_Instructions to follow:_ Return, from the data below, each line that contains the word "them".

_Supplied entries:_
// The distance of every state to the end of a statement, over the words that a set of origins chooses: level by level, each one pass over the words.
#![tactic(auto)]

ghost use Rattle.std.specs.Prelude.{◌≡◌, cond, [], ◌∷◌, ◌+◌, ◌*◌, ◌<◌, ◌≤◌, length, set, replicate};
ghost use Rattle.theory.specs.Words.{sign_at};
ghost use Rattle.theory.specs.Reasons.{goal, never};
ghost use Rattle.theory.specs.Searches.{arc, arcs, opens, level, distances};
ghost use Rattle.theory.specs.Origins.{origin_of, origin_limit, chooses, chosen, NetFrom, EndsFrom};
ghost use Rattle.reason_search.specs.Search.{Kept};

use net_word::{head_of, is_chosen, plain_of, tail_of};

// The place of a state that has no distance. A number and no `Option`: the places are the 16 bits of the caller's scratch, and `distances` says what
// each of them holds.
pub const NEVER: u16 = 65535;

// Two places as one number.
fn pair(high: u16, low: u16) -> u32
    ensures { (result ≡ high * 65536 + low) × ((high < 65536) × (low < 65536)) }
{
    high as u32 * 65536 + low as u32
}

// Whether a move leads from a state without a distance to one at distance `i`: one comparison asks both.
fn is_open(i: u16, from: usize, to: usize, places: &[u16]) -> bool
    requires { (from < length places.now) × (to < length places.now) }
    ensures { result ≡ opens i (arc from to) places.now }
{
    pair(places[from], places[to]) == pair(NEVER, i)
}

// One move of a word at level `i`, if the word is chosen: a state without a distance gets i + 1 where the move leads to one at distance i.
// Whether it did.
fn open_state(i: u16, set: u32, word: u32, from: usize, to: usize, places: &mut [u16]) -> bool
    requires small { i < never }
    requires origin { origin_of word ≤ origin_limit }
    requires inside { (from < length places.old) × (to < length places.old) }
    ensures places_after { places.new ≡ cond (chooses set word) (level i (arc from to ∷ []) places.old) places.old }
    ensures kept { Kept result places.old places.new }
{
    if !is_open(i, from, to, places) {
        return false;
    }
    if !is_chosen(set, word) {
        return false;
    }
    places[from] = i + 1;
    true
}

// The moves of one word at level `i`, if it is chosen; whether one of them gave a state its distance. Few moves are open, so the places are
// looked at first, and the word's origin last. Asked for an "is not", a ↛ link crosses to the other part, `crossed` places on.
fn open_word(i: u16, n: usize, sign: u32, set: u32, word: u32, places: &mut [u16]) -> bool
    requires small { i < never }
    requires ends { EndsFrom n word }
    requires few { n ≤ 1024 }
    requires room { length places.old ≡ n + n }
    ensures places_after { places.new ≡ level i (arcs n (sign_at sign) (chosen set (word ∷ []))) places.old }
    ensures kept { Kept result places.old places.new }
{
    let plain = plain_of(word);
    let tail = tail_of(plain);
    let head = head_of(plain);
    if sign == 0 {
        if places[head] != i {
            return false;
        }
        if !is_open(i, tail, head, places) {
            return false;
        }
        if word % 2 != 0 {
            return false;
        }
        return open_state(i, set, word, tail, head, places);
    }
    let crossed = (word % 2) as usize * n;
    let there = open_state(i, set, word, tail, head + crossed, places);
    let back = open_state(i, set, word, n + head - crossed, n + tail, places);
    there | back
}

// Level `i` over the words that the set chooses; whether it gave a state its distance.
fn run_level(i: u16, n: usize, sign: u32, words: &[u32], set: u32, places: &mut [u16]) -> bool
    requires small { i < never }
    requires net { NetFrom 0 n words.now }
    requires room { length places.old ≡ n + n }
    ensures places_after { places.new ≡ level i (arcs n (sign_at sign) (chosen set words.now)) places.old }
    ensures kept { Kept result places.old places.new }
{
    let mut opened = false;
    for &word in words {
        opened |= open_word(i, n, sign, set, word, places);
    }
    opened
}

// No state has a distance but `end`, which is at distance 0.
fn start_at(end: usize, places: &mut [u16])
    requires { end < length places.old }
    ensures { places.new ≡ set (replicate (length places.old) never) end 0 }
{
    places.fill(NEVER);
    places[end] = 0;
}

// The state in which a path to `y` ends.
fn goal_of(n: usize, sign: u32, y: usize) -> usize
    requires { (n ≤ 1024) × (y < n) }
    ensures { result ≡ goal n (sign_at sign) y }
{
    if sign == 0 {
        return y;
    }
    n + y
}

// The distances of the 2N states to the end of a path to `y`. A level that adds nothing is the last.
pub fn find_distances(n: usize, sign: u32, words: &[u32], set: u32, y: usize, places: &mut [u16])
    requires net { NetFrom 0 n words.now }
    requires node { y < n }
    requires room { length places.old ≡ n + n }
    ensures { places.new ≡ distances n (sign_at sign) (chosen set words.now) y }
{
    let end = goal_of(n, sign, y);
    start_at(end, places);
    for i in 0..places.len() {
        if !run_level(i as u16, n, sign, words, set, places) {
            return;
        }
    }
}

_Solution to this task:_
// each of them holds.
// The moves of one word at level `i`, if it is chosen; whether one of them gave a state its distance. Few moves are open, so the places are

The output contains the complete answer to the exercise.